⚠️ Not Legal Advice

This page is for educational purposes only and does not constitute legal advice. Poland has, at various points in recent years, debated introducing a "small quantity for personal use" exception to its drug possession law, and we could not confirm with confidence whether any such reform has been enacted as of 2026 — treat that specific question as unresolved until you check current Polish statute directly. Always verify the current status with Poland's Ministerstwo Zdrowia (Ministry of Health) or a qualified Polish lawyer before making any decisions.

Last reviewed: July 2026. This entry is drawn from Psilobase's broader Legal Status by Country guide. Because psilocybin law is an actively moving target worldwide, treat any date-stamped legal claim — including this one — as needing re-verification if you are reading it more than a few months after the review date above.

Quick Answer

Psilocybin and psilocin are listed as controlled group I-P psychotropic substances under Poland's Ustawa o przeciwdziałaniu narkomanii (Act on Counteracting Drug Addiction) of 2005, as amended. Possession of any amount is, in principle, a criminal offense under Article 62 of the Act, while production, cultivation for supply, and trafficking are prosecuted more severely under Article 53 and related provisions. Poland has debated reforms in recent years — including proposals to introduce a "small quantity for personal use" exception similar in spirit to the Czech Republic's administrative threshold — driven partly by criticism that the current law overloads courts and prisons with simple possession cases. We were not able to confirm whether such a reform has actually been signed into force as of 2026, so this page deliberately does not state that Poland has decriminalized possession; if you are relying on this information, check the current text of the Act directly.

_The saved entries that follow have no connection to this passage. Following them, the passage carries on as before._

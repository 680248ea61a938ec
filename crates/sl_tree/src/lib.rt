//! Slang's trees: files, declarations, statements, expressions, patterns and types, each form under its own name, with the span of
//! its tokens. `specs/` says what the tokens of a tree are (`flat_expr` and its kin) and which trees are well shaped (`IsExpr` and its
//! kin); docs/language.md has the grammar in prose. `sorts` has the sorts of tokens that the grammar tells apart.
#![tactic(auto)]

pub mod sorts;
mod tree;

pub use tree::{
    Body, Case, Decl, DeclKind, Else, Expr, ExprKind, Field, File, Import, Keyword, Lexeme, Note,
    Param, Pattern, PatternKind, Stmt, StmtKind, TypeTerm,
};
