//! What a static cell ends with.

ghost use Rattle.std.specs.Prelude.{◌^◌, ◌≡◌, ◌<◌, length, IfOk, Some};
ghost use Rattle.ca_cell.specs.Raw.{circuit_of};
ghost use Rattle.ca_settle.specs.Settled.{IsRoomFor};
ghost use Rattle.ca_static.specs.LastTable.{IsTableWhereStatic, entry_at, last_at, IsLastTable};
ghost use Rattle.ca_flips.specs.Static.{IsStatic};

use crate::statics::{is_static, waves_to};
use ca_base::NoMemory;
use ca_cell::Cell;
use ca_net::Trit;
use ca_response::{OutWaves, respond};
use ca_settle::Work;
use std::alloc::Global;
use std::marker::Model;

/// What a static cell ends with at its output pins, for each last vector of its input pins: at most 64
/// entries.
#[derive(Drop)]
pub struct LastTable {
    entries: Vec<OutWaves>,
}

impl Model for LastTable {
    ghost use Rattle.std.specs.Prelude.{List, map};
    ghost use Rattle.ca_net.specs.declared.wave.Wave.{Wave};

    ghost Value = { List (List Wave) };

    ghost view = { λ table. map (λ entry. entry.items) table.entries.items };
}

impl LastTable {
    /// The table of a cell, if it is static.
    pub fn of(alloc: Global, cell: &Cell, work: &mut Work) -> Result<Option<Self>, NoMemory>
        requires room { IsRoomFor (circuit_of cell.now) work.old }
        ensures ok { IfOk result (IsTableWhereStatic cell.now) }
        ensures room { IsRoomFor (circuit_of cell.now) work.new }
    {
        if is_static(cell, work) {
            Ok(Some(LastTable::of_static(alloc, cell, work)?))
        } else {
            Ok(None)
        }
    }

    // The table of a static cell.
    fn of_static(alloc: Global, cell: &Cell, work: &mut Work) -> Result<Self, NoMemory>
        requires is_static { IsStatic cell.now }
        requires room { IsRoomFor (circuit_of cell.now) work.old }
        ensures ok { IfOk result (IsLastTable cell.now) }
        ensures room { IsRoomFor (circuit_of cell.now) work.new }
    {
        let vectors = 2usize.pow(cell.inputs() as u32);
        let mut entries = Vec::new(alloc);
        for number in 0..vectors {
            let pins = waves_to(cell.inputs(), number);
            entries.push(respond(cell, pins.as_slice(), work))?;
        }
        Ok(LastTable { entries })
    }

    /// The last value of an output pin, counted from 0, for the vector of a number.
    pub fn last(&self, number: usize, output: usize) -> Trit
        requires number { number < length self.now }
        requires output { output < length (entry_at self.now number) }
        ensures { result ≡ last_at self.now number output }
    {
        self.entries[number].as_slice()[output].last
    }
}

Current Legal Status in Poland

Under the statute as most recently understood, simple possession of psilocybin mushrooms can be charged under Article 62 of the Act on Counteracting Drug Addiction, with a stated maximum penalty in the region of up to 3 years' imprisonment for a basic offense (with a lower band for possession of a "small quantity," historically at a prosecutor's or court's discretion rather than a fixed statutory line, prior to any 2022–2023 reform effort). Production, cultivation intended for distribution, or trafficking are prosecuted under harsher provisions carrying materially longer sentences — commonly cited as up to around 10 years for aggravated cases — though we present these figures with real caution because Polish sentencing practice and any threshold-based reform are exactly the kind of detail that can change without much international news coverage. In practice, Polish prosecutors and courts have some discretion to discontinue or reduce charges for very small, clearly personal-use amounts (a mechanism sometimes described as similar to a conditional discretionary non-prosecution), but this is not the same as a codified administrative-only threshold like the Czech Republic's.

History: How the Law Got Here

Poland's Act on Counteracting Drug Addiction, enacted in 2005 and amended multiple times since, replaced earlier post-communist-era drug legislation and aligned Polish law more closely with EU and UN drug-control frameworks, placing psilocybin and psilocin among the most restricted psychotropic substances. Over the 2010s and 2020s, Polish civil-society and legal-reform advocates repeatedly criticized the law's strict treatment of personal possession, arguing it disproportionately burdened the courts and prison system with low-level cases and pointing to the Czech Republic's more lenient administrative-threshold model as a possible template. Legislative proposals to introduce a defined "small quantity" exception have been discussed in the Polish parliament (Sejm) at various points, reflecting a broader European trend toward decriminalizing personal-use possession while keeping supply and production fully criminal — but as of our last review we could not confirm that any such Polish reform had been finally enacted, so its current status should be treated as an open question rather than a settled fact.

How to Verify This Yourself

Laws referenced on this page were last reviewed in July 2026. Before making any decision based on legal status, check directly with Poland's Ministerstwo Zdrowia (Ministry of Health): https://www.gov.pl/web/zdrowie, the current text of the Ustawa o przeciwdziałaniu narkomanii, or the EMCDDA's Poland drug law profile, and consult a Polish criminal lawyer for anything beyond general information — particularly given the unresolved reform question described above. For broader cross-country comparison and additional official sources, see the full Legal Status by Country guide.